◆ **Work required**:
Copy the result of filtering the entries below for lines that include the string "these".

◆ **Data supplied**:
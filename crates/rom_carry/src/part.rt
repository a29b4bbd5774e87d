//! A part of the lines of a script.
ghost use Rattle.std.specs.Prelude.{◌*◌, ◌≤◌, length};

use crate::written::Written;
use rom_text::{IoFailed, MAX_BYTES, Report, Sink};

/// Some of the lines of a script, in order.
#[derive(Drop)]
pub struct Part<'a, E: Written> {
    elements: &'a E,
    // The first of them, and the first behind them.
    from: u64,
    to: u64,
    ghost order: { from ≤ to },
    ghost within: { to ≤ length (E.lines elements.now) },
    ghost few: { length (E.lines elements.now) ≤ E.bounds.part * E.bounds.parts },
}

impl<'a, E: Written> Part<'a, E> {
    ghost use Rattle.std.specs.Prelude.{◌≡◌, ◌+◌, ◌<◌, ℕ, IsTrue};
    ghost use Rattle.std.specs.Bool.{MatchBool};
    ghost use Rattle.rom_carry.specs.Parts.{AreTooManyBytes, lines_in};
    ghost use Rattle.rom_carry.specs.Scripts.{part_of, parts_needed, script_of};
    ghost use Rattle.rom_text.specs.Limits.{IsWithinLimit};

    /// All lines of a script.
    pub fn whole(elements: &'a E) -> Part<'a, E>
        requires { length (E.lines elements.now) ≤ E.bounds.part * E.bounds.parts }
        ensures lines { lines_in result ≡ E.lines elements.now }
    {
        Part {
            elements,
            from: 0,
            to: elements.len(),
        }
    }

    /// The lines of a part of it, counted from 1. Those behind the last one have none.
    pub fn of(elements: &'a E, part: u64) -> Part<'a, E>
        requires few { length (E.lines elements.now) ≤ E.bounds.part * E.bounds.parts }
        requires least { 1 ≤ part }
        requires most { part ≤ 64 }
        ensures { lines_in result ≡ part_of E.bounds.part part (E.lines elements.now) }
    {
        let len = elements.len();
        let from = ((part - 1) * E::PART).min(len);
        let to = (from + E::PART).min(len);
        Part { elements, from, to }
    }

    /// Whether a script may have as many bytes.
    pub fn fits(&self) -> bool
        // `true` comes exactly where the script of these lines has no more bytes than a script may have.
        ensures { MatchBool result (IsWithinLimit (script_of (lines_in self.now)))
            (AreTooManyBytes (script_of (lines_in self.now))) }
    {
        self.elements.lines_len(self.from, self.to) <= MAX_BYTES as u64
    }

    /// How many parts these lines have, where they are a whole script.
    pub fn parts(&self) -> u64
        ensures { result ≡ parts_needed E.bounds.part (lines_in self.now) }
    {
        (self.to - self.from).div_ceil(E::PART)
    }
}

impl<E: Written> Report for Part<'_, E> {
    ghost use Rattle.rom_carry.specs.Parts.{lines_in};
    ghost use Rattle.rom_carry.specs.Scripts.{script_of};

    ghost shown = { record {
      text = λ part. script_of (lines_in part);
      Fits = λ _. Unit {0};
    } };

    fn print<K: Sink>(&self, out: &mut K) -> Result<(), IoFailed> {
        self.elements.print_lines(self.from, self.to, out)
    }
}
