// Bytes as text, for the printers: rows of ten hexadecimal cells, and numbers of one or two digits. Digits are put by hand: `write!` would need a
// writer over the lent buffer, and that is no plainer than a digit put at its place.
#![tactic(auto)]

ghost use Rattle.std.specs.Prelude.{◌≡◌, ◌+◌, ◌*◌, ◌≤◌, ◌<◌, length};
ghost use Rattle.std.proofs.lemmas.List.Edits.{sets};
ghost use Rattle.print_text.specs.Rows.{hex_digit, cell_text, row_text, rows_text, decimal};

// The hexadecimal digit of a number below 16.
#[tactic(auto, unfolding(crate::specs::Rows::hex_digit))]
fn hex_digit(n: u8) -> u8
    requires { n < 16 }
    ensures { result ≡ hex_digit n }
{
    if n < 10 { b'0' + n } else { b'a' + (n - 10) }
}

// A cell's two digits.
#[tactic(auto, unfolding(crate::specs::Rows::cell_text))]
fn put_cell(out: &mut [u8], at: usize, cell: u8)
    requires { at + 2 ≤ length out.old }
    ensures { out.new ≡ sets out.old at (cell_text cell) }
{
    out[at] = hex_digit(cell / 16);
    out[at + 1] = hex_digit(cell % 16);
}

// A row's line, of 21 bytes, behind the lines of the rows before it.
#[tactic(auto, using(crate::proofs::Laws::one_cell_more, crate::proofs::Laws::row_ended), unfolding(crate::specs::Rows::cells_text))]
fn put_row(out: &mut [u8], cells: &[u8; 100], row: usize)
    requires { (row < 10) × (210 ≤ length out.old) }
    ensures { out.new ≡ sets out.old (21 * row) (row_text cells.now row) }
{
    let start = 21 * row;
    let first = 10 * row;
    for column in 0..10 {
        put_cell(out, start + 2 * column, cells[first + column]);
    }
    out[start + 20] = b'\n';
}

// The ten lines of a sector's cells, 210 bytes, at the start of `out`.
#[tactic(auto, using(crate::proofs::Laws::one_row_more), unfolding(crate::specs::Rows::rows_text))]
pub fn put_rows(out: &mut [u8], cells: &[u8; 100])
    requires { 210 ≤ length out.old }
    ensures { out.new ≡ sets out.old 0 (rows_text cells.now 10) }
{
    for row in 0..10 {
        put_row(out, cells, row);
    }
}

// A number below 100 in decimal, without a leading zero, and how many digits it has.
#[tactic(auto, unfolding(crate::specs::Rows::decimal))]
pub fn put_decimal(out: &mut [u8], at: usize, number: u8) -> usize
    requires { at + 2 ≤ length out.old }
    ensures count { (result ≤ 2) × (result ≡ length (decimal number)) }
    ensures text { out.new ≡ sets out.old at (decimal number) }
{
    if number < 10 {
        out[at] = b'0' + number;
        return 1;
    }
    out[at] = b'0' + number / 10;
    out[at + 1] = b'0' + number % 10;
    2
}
...
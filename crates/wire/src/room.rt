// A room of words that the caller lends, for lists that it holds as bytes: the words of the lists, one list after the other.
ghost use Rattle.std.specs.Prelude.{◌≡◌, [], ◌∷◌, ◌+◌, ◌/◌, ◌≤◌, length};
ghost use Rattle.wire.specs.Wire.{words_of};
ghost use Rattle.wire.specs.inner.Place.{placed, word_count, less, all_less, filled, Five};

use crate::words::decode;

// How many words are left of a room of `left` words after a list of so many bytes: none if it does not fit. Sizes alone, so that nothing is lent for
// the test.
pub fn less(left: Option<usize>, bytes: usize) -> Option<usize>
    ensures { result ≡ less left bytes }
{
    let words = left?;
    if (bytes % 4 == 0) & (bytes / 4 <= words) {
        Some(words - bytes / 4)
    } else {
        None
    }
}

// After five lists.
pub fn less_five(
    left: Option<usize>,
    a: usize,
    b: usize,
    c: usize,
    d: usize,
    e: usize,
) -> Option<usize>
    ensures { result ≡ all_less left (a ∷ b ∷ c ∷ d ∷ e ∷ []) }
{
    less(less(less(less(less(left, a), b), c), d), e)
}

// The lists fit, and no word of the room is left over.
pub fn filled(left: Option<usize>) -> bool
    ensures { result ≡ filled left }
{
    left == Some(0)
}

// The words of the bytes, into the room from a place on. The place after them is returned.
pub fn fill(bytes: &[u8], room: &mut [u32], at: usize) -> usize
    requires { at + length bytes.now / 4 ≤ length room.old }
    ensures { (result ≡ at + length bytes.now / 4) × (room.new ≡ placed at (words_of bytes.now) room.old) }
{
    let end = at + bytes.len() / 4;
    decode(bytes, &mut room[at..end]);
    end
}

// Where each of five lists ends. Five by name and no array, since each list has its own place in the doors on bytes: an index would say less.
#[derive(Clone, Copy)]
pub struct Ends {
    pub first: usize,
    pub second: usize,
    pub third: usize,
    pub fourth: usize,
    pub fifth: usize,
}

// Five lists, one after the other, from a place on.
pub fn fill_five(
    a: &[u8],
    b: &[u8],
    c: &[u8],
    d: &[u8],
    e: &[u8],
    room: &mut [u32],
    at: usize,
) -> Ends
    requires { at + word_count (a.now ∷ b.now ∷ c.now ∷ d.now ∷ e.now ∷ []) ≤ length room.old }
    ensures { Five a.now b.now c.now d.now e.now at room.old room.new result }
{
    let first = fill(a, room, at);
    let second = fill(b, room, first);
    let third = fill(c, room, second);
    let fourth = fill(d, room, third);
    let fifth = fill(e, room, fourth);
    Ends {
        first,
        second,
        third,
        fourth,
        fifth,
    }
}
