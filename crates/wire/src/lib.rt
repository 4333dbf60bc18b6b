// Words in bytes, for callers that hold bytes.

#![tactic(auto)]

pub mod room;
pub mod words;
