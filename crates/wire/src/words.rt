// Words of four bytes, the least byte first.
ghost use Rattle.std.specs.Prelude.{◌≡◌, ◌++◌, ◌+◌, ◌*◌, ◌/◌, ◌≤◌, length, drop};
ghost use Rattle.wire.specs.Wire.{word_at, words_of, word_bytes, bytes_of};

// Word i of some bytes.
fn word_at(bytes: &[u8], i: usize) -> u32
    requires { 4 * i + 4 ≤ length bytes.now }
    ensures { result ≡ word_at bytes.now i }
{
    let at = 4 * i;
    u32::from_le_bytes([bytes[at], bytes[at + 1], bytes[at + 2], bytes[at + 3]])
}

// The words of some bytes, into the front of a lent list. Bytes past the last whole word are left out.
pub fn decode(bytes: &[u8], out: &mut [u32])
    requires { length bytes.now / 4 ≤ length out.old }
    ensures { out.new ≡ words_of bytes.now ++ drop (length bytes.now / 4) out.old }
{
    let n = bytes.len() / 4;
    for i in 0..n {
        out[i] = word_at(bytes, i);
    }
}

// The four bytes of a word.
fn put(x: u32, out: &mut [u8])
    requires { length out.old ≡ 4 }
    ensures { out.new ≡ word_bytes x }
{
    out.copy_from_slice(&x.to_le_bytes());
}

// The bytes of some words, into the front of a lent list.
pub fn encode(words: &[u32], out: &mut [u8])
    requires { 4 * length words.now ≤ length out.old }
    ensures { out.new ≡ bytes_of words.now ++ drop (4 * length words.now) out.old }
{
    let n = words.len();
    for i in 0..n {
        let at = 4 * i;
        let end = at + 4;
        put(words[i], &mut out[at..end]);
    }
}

◆ **Response**:
        // `true` comes exactly where the script of these lines has no more bytes than a script may have.
    /// How many parts these lines have, where they are a whole script.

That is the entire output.